## Exercise aim:
Please repeat, from the entries that follow, the lines from the one containing "let (c, word) = cut(word, b':');" through the one containing "pub fn ipv4_in(word: &[u8]) -> Option<u128>" exactly, adding nothing.

[Collected data]
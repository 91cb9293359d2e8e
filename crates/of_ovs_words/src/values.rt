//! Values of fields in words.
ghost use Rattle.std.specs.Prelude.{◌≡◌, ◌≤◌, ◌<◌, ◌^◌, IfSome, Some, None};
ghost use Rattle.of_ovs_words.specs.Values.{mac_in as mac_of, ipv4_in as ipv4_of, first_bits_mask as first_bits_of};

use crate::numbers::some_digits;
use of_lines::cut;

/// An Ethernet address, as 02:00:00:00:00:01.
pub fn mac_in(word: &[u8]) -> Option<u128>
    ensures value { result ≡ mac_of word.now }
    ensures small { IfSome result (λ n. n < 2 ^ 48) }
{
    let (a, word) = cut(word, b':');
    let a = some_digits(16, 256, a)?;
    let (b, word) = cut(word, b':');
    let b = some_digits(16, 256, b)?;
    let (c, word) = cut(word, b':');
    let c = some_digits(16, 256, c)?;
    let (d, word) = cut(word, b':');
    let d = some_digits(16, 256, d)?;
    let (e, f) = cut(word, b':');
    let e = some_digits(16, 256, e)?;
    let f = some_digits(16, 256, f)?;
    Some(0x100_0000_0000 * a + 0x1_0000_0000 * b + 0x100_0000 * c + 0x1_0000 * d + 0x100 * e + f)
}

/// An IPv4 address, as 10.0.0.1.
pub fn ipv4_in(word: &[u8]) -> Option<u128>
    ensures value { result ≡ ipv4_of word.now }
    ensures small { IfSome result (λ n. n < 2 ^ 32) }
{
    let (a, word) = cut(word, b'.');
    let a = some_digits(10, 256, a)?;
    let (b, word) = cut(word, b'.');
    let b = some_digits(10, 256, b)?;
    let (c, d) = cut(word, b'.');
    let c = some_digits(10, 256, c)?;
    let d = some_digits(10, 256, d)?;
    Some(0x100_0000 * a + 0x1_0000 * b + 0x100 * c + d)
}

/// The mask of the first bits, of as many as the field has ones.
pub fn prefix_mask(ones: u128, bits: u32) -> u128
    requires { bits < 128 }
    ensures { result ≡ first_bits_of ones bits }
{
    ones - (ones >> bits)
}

## Response:
    let (c, word) = cut(word, b':');
    let c = some_digits(16, 256, c)?;
    let (d, word) = cut(word, b':');
    let d = some_digits(16, 256, d)?;
    let (e, f) = cut(word, b':');
    let e = some_digits(16, 256, e)?;
    let f = some_digits(16, 256, f)?;
    Some(0x100_0000_0000 * a + 0x1_0000_0000 * b + 0x100_0000 * c + 0x1_0000 * d + 0x100 * e + f)
}

/// An IPv4 address, as 10.0.0.1.
pub fn ipv4_in(word: &[u8]) -> Option<u128>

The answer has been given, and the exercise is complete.